Task description -
Up to and including the line that contains "for piece in", write out each line of the material from its first line, exactly.

··· Data supplied ···

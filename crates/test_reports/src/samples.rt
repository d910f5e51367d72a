// Reports of what random schedules show, byte for byte.
use crate::excused::{
    ALONE, ALONE_STEPS, BOOM, BOOM_STEPS, BOTH, BOTH_STEPS, GONE, GONE_STEPS, LATE, LATE_STEPS,
    RACE, excusing_boom, excusing_both, joined, of_boom, of_race,
};
use core_reader::read_module;
use report_explained::{ExplainFault, write_explained_sample};
use report_text::{Sampled, write_sample, write_sample_first_line, write_sample_last_line};
use std::alloc::Global;
use std::test::Fail;
use term_core::WriteFault;
use test_support::{MemorySink, holds, same};
use tree_excuses::Excuses;
use tree_findings::Findings;

// A hundred schedules of at most nine steps.
const HUNDRED: Sampled = Sampled {
    depth: 9,
    runs: 100,
    seed: 7,
};

// Checks that the report is written so, in one write or in many.
fn reports(
    alloc: Global,
    excuses: &Excuses,
    findings: &Findings,
    parts: &[&str],
) -> Result<(), Fail> {
    let report = joined(alloc, parts)?;
    for piece in [1, 1000] {
        let mut sink = MemorySink::in_pieces(alloc, 1000, piece)?;
        write_sample(&mut sink, HUNDRED, excuses, findings)?;
        same(sink.bytes.as_slice(), report.as_slice())?;
    }
    Ok(())
}

#[test]
fn tells_errors_and_refusals(rt: HostRuntime) -> Result<(), Fail> {
    let alloc = rt.alloc();
    reports(
        alloc,
        &Excuses::none(alloc),
        &of_race(alloc)?,
        &[
            "depth 9, runs 100, seed 7\n",
            "error 1: ",
            BOOM,
            "error 2: ",
            GONE,
            "error 3: ",
            BOTH,
            "error 4: ",
            ALONE,
            "refusal 1: ",
            LATE,
            "errors 4, refusals 1\nresult: errors\n",
        ],
    )
}

#[test]
fn tells_what_is_taken_as_normal(rt: HostRuntime) -> Result<(), Fail> {
    let alloc = rt.alloc();
    reports(
        alloc,
        &excusing_both(alloc)?,
        &of_race(alloc)?,
        &[
            "depth 9, runs 100, seed 7\n",
            "error 1: ",
            GONE,
            "error 2: ",
            BOTH,
            "refusal 1: ",
            LATE,
            "normal 1: ",
            BOOM,
            "normal 2: ",
            ALONE,
            "errors 2, refusals 1, taken as normal 2\nresult: errors\n",
        ],
    )
}

// What is excused does not count, and where nothing counts it is not said that there is nothing.
#[test]
fn nothing_is_found(rt: HostRuntime) -> Result<(), Fail> {
    let alloc = rt.alloc();
    let none = Excuses::none(alloc);
    let nothing = Findings::new(alloc);
    let report = "depth 9, runs 100, seed 7\nerrors 0, refusals 0\nresult: nothing found\n";
    reports(alloc, &none, &nothing, &[report])?;
    let report =
        "depth 9, runs 100, seed 7\nerrors 0, refusals 0, taken as normal 0\nresult: nothing found\n";
    reports(alloc, &excusing_boom(alloc)?, &nothing, &[report])?;
    reports(
        alloc,
        &excusing_boom(alloc)?,
        &of_boom(alloc)?,
        &[
            "depth 9, runs 100, seed 7\n",
            "normal 1: ",
            BOOM,
            "errors 0, refusals 0, taken as normal 1\nresult: nothing found\n",
        ],
    )
}

// Checks that the first line is this one.
fn begins_so(alloc: Global, sampled: Sampled, line: &str) -> Result<(), Fail> {
    let mut sink = MemorySink::in_pieces(alloc, 1000, 1)?;
    write_sample_first_line(&mut sink, sampled)?;
    same(sink.bytes.as_slice(), line.as_bytes())
}

// Checks that this is the last line where the first process ends.
fn ends_so(alloc: Global, excuses: &Excuses, line: &str) -> Result<(), Fail> {
    let mut sink = MemorySink::in_pieces(alloc, 1000, 1)?;
    write_sample_last_line(&mut sink, excuses, &of_boom(alloc)?)?;
    same(sink.bytes.as_slice(), line.as_bytes())
}

#[test]
fn tells_numbers_of_any_size(rt: HostRuntime) -> Result<(), Fail> {
    let alloc = rt.alloc();
    let least = Sampled {
        depth: 0,
        runs: 1,
        seed: 0,
    };
    begins_so(alloc, least, "depth 0, runs 1, seed 0\n")?;
    let most = Sampled {
        depth: 400,
        runs: 1_000_000,
        seed: 4_294_967_295,
    };
    begins_so(alloc, most, "depth 400, runs 1000000, seed 4294967295\n")?;
    let any = Sampled {
        depth: u64::MAX,
        runs: u64::MAX,
        seed: u64::MAX,
    };
    let line = "depth 18446744073709551615, runs 18446744073709551615, seed 18446744073709551615\n";
    begins_so(alloc, any, line)
}

#[test]
fn the_result_is_by_what_counts(rt: HostRuntime) -> Result<(), Fail> {
    let alloc = rt.alloc();
    ends_so(alloc, &Excuses::none(alloc), "result: errors\n")?;
    ends_so(alloc, &excusing_boom(alloc)?, "result: nothing found\n")
}

#[test]
fn a_sink_that_fails_got_a_beginning(rt: HostRuntime) -> Result<(), Fail> {
    let alloc = rt.alloc();
    let none = Excuses::none(alloc);
    let found = of_boom(alloc)?;
    let parts = [
        "depth 9, runs 100, seed 7\n",
        "error 1: ",
        BOOM,
        "errors 1, refusals 0\nresult: errors\n",
    ];
    let report = joined(alloc, &parts)?;
    for room in 0..report.len() {
        let mut sink = MemorySink::with_room(alloc, room)?;
        let written = write_sample(&mut sink, HUNDRED, &none, &found);
        assert_eq!(rt; written, Err(WriteFault), "at {room}");
        assert_eq!(rt; sink.bytes.len(), room);
        assert!(rt; report.starts_with(&sink.bytes), "at {room}");
    }
    Ok(())
}

// Checks that the explained report of the race is this one. Where memory ran out it has to be a beginning of it, in a
// sink that is sound.
fn explains(
    alloc: Global,
    excuses: &Excuses,
    findings: &Findings,
    parts: &[&str],
) -> Result<(), Fail> {
    let report = joined(alloc, parts)?;
    let program = read_module(alloc, RACE.as_bytes())?;
    let mut sink = MemorySink::in_pieces(alloc, 2000, 1000)?;
    match write_explained_sample(alloc, &program, HUNDRED, excuses, findings, &mut sink) {
        Ok(()) => same(sink.bytes.as_slice(), report.as_slice()),
        Err(ExplainFault::Memory) => {
            let is_beginning = report.as_slice().starts_with(&sink.bytes);
            holds(is_beginning && !sink.has_failed, "it is no beginning")?;
            Err(Fail::from("there is no memory"))
        }
        Err(ExplainFault::Write) => Err(Fail::from("the sink has failed")),
    }
}

#[test]
fn explains_ends_and_deadlocks(rt: HostRuntime) -> Result<(), Fail> {
    let alloc = rt.alloc();
    explains(
        alloc,
        &Excuses::none(alloc),
        &of_race(alloc)?,
        &[
            "depth 9, runs 100, seed 7\n",
            "error 1: ",
            BOOM,
            BOOM_STEPS,
            "error 2: ",
            GONE,
            GONE_STEPS,
            "error 3: ",
            BOTH,
            BOTH_STEPS,
            "error 4: ",
            ALONE,
            ALONE_STEPS,
            "refusal 1: ",
            LATE,
            LATE_STEPS,
            "errors 4, refusals 1\nresult: errors\n",
        ],
    )
}

#[test]
fn explains_what_is_taken_as_normal(rt: HostRuntime) -> Result<(), Fail> {
    let alloc = rt.alloc();
    explains(
        alloc,
        &excusing_boom(alloc)?,
        &of_boom(alloc)?,
        &[
            "depth 9, runs 100, seed 7\n",
            "normal 1: ",
            BOOM,
            BOOM_STEPS,
            "errors 0, refusals 0, taken as normal 1\nresult: nothing found\n",
        ],
    )
}

#[test]
fn an_explained_one_got_a_beginning(rt: HostRuntime) -> Result<(), Fail> {
    let alloc = rt.alloc();
    let program = read_module(alloc, RACE.as_bytes())?;
    let none = Excuses::none(alloc);
    let found = of_boom(alloc)?;
    let parts = [
        "depth 9, runs 100, seed 7\n",
        "error 1: ",
        BOOM,
        BOOM_STEPS,
        "errors 1, refusals 0\nresult: errors\n",
    ];
    let report = joined(alloc, &parts)?;
    for room in 0..report.len() {
        let mut sink = MemorySink::with_room(alloc, room)?;
        let written = write_explained_sample(alloc, &program, HUNDRED, &none, &found, &mut sink);
        assert_eq!(rt; written, Err(ExplainFault::Write), "at {room}");
        assert_eq!(rt; sink.bytes.len(), room);
        assert!(rt; report.starts_with(&sink.bytes), "at {room}");
    }
    Ok(())
}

···

Exercise answer -
filename crates/test_reports/src/samples.rt
repository d910f5e51367d72a
// Reports of what random schedules show, byte for byte.
use crate::excused::{
    ALONE, ALONE_STEPS, BOOM, BOOM_STEPS, BOTH, BOTH_STEPS, GONE, GONE_STEPS, LATE, LATE_STEPS,
    RACE, excusing_boom, excusing_both, joined, of_boom, of_race,
};
use core_reader::read_module;
use report_explained::{ExplainFault, write_explained_sample};
use report_text::{Sampled, write_sample, write_sample_first_line, write_sample_last_line};
use std::alloc::Global;
use std::test::Fail;
use term_core::WriteFault;
use test_support::{MemorySink, holds, same};
use tree_excuses::Excuses;
use tree_findings::Findings;

// A hundred schedules of at most nine steps.
const HUNDRED: Sampled = Sampled {
    depth: 9,
    runs: 100,
    seed: 7,
};

// Checks that the report is written so, in one write or in many.
fn reports(
    alloc: Global,
    excuses: &Excuses,
    findings: &Findings,
    parts: &[&str],
) -> Result<(), Fail> {
    let report = joined(alloc, parts)?;
    for piece in [1, 1000] {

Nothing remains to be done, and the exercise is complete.